## Directions for this task
Reproduce, exactly and in full, only the lines below from the one containing "fn digit(number: usize, place: usize) -> u8" through the one containing "let number = walk.take();".

- - -

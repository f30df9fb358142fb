ghost use Rattle.std.specs.Prelude.{◌≡◌, Some};
ghost use Rattle.cards.specs.declared.fault.CardFault.TheVariants.{Disk as of_disk, Full as too_full};
ghost use Rattle.cards.specs.Texts.{card_fault_text};

use disk::fault::DiskFault;
use layout::codec::PageFull;
use std::error::Error;
use std::fmt;

/// Why a card is not built further.
#[derive(Clone, Copy, PartialEq, Eq, Debug)]
pub enum CardFault {
    /// the image has no such sector
    Disk(DiskFault),
    /// a page has more entries than a sector has room for
    Full,
    /// the sector has no room for these bytes there
    Room,
    /// a name is not a good one
    Name,
}

impl From<DiskFault> for CardFault {
    ghost from_gives = { λ e r. r ≡ of_disk e };

    fn from(fault: DiskFault) -> CardFault {
        CardFault::Disk(fault)
    }
}

impl From<PageFull> for CardFault {
    ghost from_gives = { λ _ r. r ≡ too_full };

    fn from(_fault: PageFull) -> CardFault {
        CardFault::Full
    }
}

impl fmt::Display for CardFault {
    ghost output = { λ fault. Some (card_fault_text fault) };

    fn fmt<W: fmt::Write>(&self, f: &mut fmt::Formatter<W>) -> fmt::Result {
        match self {
            CardFault::Disk(refusal) => write!(f, "the image did not answer: {refusal}"),
            CardFault::Full => f.write_str("a page has more than 24 entries"),
            CardFault::Room => f.write_str("the bytes reach past the end of their sector"),
            CardFault::Name => f.write_str("a name is not a good one"),
        }
    }
}

impl Error for CardFault {}
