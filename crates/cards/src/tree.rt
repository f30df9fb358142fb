//! Directories of several levels.
ghost use Rattle.std.specs.Prelude.{◌<◌};

use crate::card::Card;
use crate::fault::CardFault;
use crate::files::{Plan, name_of, nth};
use layout::entry::Entry;
use layout::page::Page;
use numbers::length::Length;
use numbers::name::Name;
use numbers::sector::Sector;

/// A level of a directory: so many pages that follow one another from sector `at` on, each with so many entries. Below each child of a
/// page are so many names, and the children of the level follow one another from `child` on.
#[derive(Clone, Copy)]
pub(crate) struct Level {
    pub at: Sector,
    pub pages: usize,
    pub entries: usize,
    pub below: usize,
    pub child: Option<Sector>,
}

/// The files of a directory of several levels: so many that follow one another from sector `files_at` on in the order of names.
/// File k has the name F and four digits of k, and k mod 500 bytes.
#[derive(Clone, Copy)]
pub(crate) struct Tree {
    pub files_at: Sector,
    pub files: u16,
}

/// The decimal digit of a number at a place.
fn digit(number: usize, place: usize) -> u8
    requires { 0 < place }
{
    b'0' + (number / place % 10) as u8
}

/// The name of file `number`: F and four digits.
fn name_at(number: usize) -> Result<Name, CardFault> {
    name_of(&[
        b'F',
        digit(number, 1000),
        digit(number, 100),
        digit(number, 10),
        digit(number, 1),
    ])
}

/// How far a level is written: the number of the next name, and the next child.
#[derive(Clone, Copy)]
struct Walk {
    number: usize,
    child: Option<Sector>,
}

impl Walk {
    /// Passes a child, with so many names below it.
    fn pass(&mut self, below: usize) -> Option<Sector> {
        let child = self.child;
        self.child = child.map(|sector| nth(sector, 1));
        self.number = self.number.saturating_add(below);
        child
    }

    /// Takes the next name.
    fn take(&mut self) -> usize {
        let number = self.number;
        self.number = number.saturating_add(1);
        number
    }
}

impl Tree {
    /// The next page of a level.
    fn page(&self, level: &Level, walk: &mut Walk) -> Result<Page, CardFault> {
        let mut page = Page::new(walk.pass(level.below));
        for _ in 0..level.entries {
            let number = walk.take();
            page.push(Entry {
                name: name_at(number)?,
                file: nth(self.files_at, number),
                below: walk.pass(level.below),
            })?;
        }
        let _ = walk.take(); // the name above, between this page and the next
        Ok(page)
    }

    /// Puts the pages of a level to a card.
    pub fn put_level(&self, card: &mut Card<'_>, level: &Level) -> Result<(), CardFault> {
        let mut walk = Walk {
            number: 0,
            child: level.child,
        };
        for k in 0..level.pages {
            let page = self.page(level, &mut walk)?;
            card.put_page(nth(level.at, k), &page)?;
        }
        Ok(())
    }

    /// Puts the files to a card.
    pub fn put_files(&self, card: &mut Card<'_>) -> Result<(), CardFault> {
        for number in 0..self.files {
            let file = Plan {
                name: name_at(usize::from(number))?,
                length: Length(u32::from(number % 500)),
                first: nth(self.files_at, usize::from(number)),
                table: Sector(0),
            };
            file.put(card)?;
        }
        Ok(())
    }
}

- - -

## Response to this task
fn digit(number: usize, place: usize) -> u8
    requires { 0 < place }
{
    b'0' + (number / place % 10) as u8
}

/// The name of file `number`: F and four digits.
fn name_at(number: usize) -> Result<Name, CardFault> {
    name_of(&[
        b'F',
        digit(number, 1000),
        digit(number, 100),
        digit(number, 10),
        digit(number, 1),
    ])
}

/// How far a level is written: the number of the next name, and the next child.
#[derive(Clone, Copy)]
struct Walk {
    number: usize,
    child: Option<Sector>,
}

impl Walk {
    /// Passes a child, with so many names below it.
    fn pass(&mut self, below: usize) -> Option<Sector> {
        let child = self.child;
        self.child = child.map(|sector| nth(sector, 1));
        self.number = self.number.saturating_add(below);
        child
    }

    /// Takes the next name.
    fn take(&mut self) -> usize {
        let number = self.number;
        self.number = number.saturating_add(1);
        number
    }
}

impl Tree {
    /// The next page of a level.
    fn page(&self, level: &Level, walk: &mut Walk) -> Result<Page, CardFault> {
        let mut page = Page::new(walk.pass(level.below));
        for _ in 0..level.entries {
            let number = walk.take();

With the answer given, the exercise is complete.